On 1 June 2016, the Criminal Court announced its  verdict to imprison Tanat or Tom Dundee for seven years and six months according to section 112 for having made a speech on a particular  occasion which could be divided into three offences. The Court stated that he must sing a reconciliation song and plant some trees for royal honor. The judge responsible for this case explained that the wrongdoing needs to be divided into five offences from a speech he gave in one day according to the indictment. The offences are three defamation cases against the King, one defamation offence against the Queen and one offence for having posted a video clip of the speech on Youtube. However, the Director-General and a Deputy Director-General of the Criminal Court, agreed, following consultation with them, that three defamations against the King had been conducted in the same period; therefore, it was only offence.  The Court sentenced Tanat based on three offences. He was sentenced to five years of imprisonment for each offence which is  15 years in total.  Since Tanat confessed and accepted the conditions stated by the Court, the Court reduced his sentence by half to seven years and six months. 


Parents of Haritt, a defendant in the case of eight administrators, submitted a petition to the crown requesting for bail.


On 3 June 2016, Winyat Chartmontree, lawyer and Harid Mahaton, father and Nuttharika Worathaiwit, mother of Haritt, a defendant of 112 offences, submitted a petition to the Office of His Majesty’s Principal Private Secretary requesting for the right to bail a defendant. Having submitted the petition, the lawyer made a copy of the petition and submitted it to the Bangkok Military Court as an additional document for bail request. In addition, they placed 500,000 baht as a bail guarantee. The Court  considered that the punishment for 112 offences was high and  if the defendant were released on bail, he would flee, obstruct or damage the investigation.

Therefore, the Court did not change its decision and dismissed the defendant’s bail request. At present, the case is at the fourth detention period.  

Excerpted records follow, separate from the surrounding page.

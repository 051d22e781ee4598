//! The file calls that write. Each is made on the mount, which is taken out of the session, with the fuse that was set. What is put
//! back is the mount, or what a stop has left.

ghost use Rattle.std.specs.Prelude.{◌≡◌, Some, false, IfOk, string_bytes};
ghost use Rattle.nv_calls.specs.Mount.{IsKept};
ghost use Rattle.nv_line.specs.Request.{Request};

use crate::files::refused_call_text;
use crate::session::Session;
use crate::stop::Stop;
use crate::store::Store;
use crate::texts::{answer_text, stopped_text};
use nv_calls::Fs;
use nv_history::{Answer, Call, make_call};
use nv_region::{Fuse, Keep, MemRegion};
use nv_report::refused_text;
use nv_text::Refusal;
use nv_tree::Refusal as CallRefusal;
use std::alloc::{AllocError, Global};

impl Session {
    ghost use Rattle.std.specs.Prelude.{string_bytes};
    ghost use Rattle.nv_history.specs.Said.{said};
    ghost use Rattle.nv_session.specs.Commands.{answer_line, call_at};
    ghost use Rattle.nv_session.specs.Machine.{Does};
    ghost use Rattle.nv_session.specs.Sessions.{IsSettled, Moves, TakesMount, PutsMount, SettlesCall, is_armed};

    /// Makes a call, which may be stopped by this. Answers what the command prints that is this call.
    pub(crate) fn make(
        &mut self,
        alloc: Global,
        call: &Call<'_>,
        stop: Stop,
    ) -> Result<String, AllocError>
        ensures { IfOk result (λ text. (request : Request) → call_at self.old.time request ≡ Some (said call.now)
            → Moves (Does (is_armed stop) request) self.old (string_bytes text) self.new) }
    {
        let Some(mut mount) = self.take_mount(stop.fuse) else {
            return refused_text(alloc, Refusal::NotMounted);
        };
        // What an upgrade shows is said by what the mount keeps before it.
        mount.keeps();
        let answer = make_call(&mut mount, call);
        self.settle_call(alloc, mount, answer, stop.keep)
    }

    // Takes out what is mounted, with this fuse for what is stored next.
    fn take_mount(&mut self, fuse: Fuse) -> Option<Fs<MemRegion>>
        ensures { TakesMount fuse self.old result self.new }
    {
        match self.store.take() {
            Some(Store::Mounted(mut mount)) => {
                mount.set_fuse(fuse);
                Some(mount)
            }
            other => {
                self.store = other;
                None
            }
        }
    }

    // Puts back a mount after a call, or what is kept of its region after a stop. Answers what is printed. Want of memory is
    // told as no refusal.
    fn settle_call(
        &mut self,
        alloc: Global,
        mount: Fs<MemRegion>,
        answer: Result<Answer, CallRefusal>,
        keep: Keep,
    ) -> Result<String, AllocError>
        ensures settles { IfOk result (λ text. SettlesCall answer_line mount answer self.old (string_bytes text) self.new) }
        ensures keeps { IsKept mount.memory.region mount.sup mount.layout mount.rows mount.free mount.faults mount.read_only mount.stopped }
        ensures settled { mount.stopped ≡ false → IsSettled mount.memory }
    {
        mount.keeps();
        mount.nothing_is_pending();
        match answer {
            Ok(answer) => {
                self.put_mount(mount);
                answer_text(alloc, answer)
            }
            Err(CallRefusal::Stopped) => {
                self.put(mount.into_memory().after_stop(keep));
                stopped_text(alloc)
            }
            Err(refusal) => {
                self.put_mount(mount);
                refused_call_text(alloc, refusal)
            }
        }
    }

    // Puts a mount in, without a fuse.
    pub(crate) fn put_mount(&mut self, mut mount: Fs<MemRegion>)
        ensures { PutsMount mount self.old self.new }
    {
        mount.set_fuse(Fuse::Off);
        self.hold(Store::Mounted(mount));
    }
}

The Court rejected the fourth bail request in the case of a defendant falsely claiming ‘the Crown Princess’


On 6 June 2016, Kampeangpetch Provincial Court scheduled provincial prosecutor, Adssadaporn and Nopparit for a pretrial hearing . The Court asked for their plea for 112 charges and for faking official documents  after they were alleged to have falsely referred to the Crown Princess to demand abenefit from Sai-gnam temple, Kampeangpetch Province. Both of them pled not guilty in relation  to both charges. After relatives of Mr. Nopparit were questioned, the 2nd defendant requested for bail by placing a title deed with a value of 1.7 million Baht. However, the Court rejected his request because the punishment is high and he was charged with many offences. The Court was of the view that if the defendant was released on bail, he may flee. This bail request is the fourth request e that the defendant had submitted which was later turned down by the Court. 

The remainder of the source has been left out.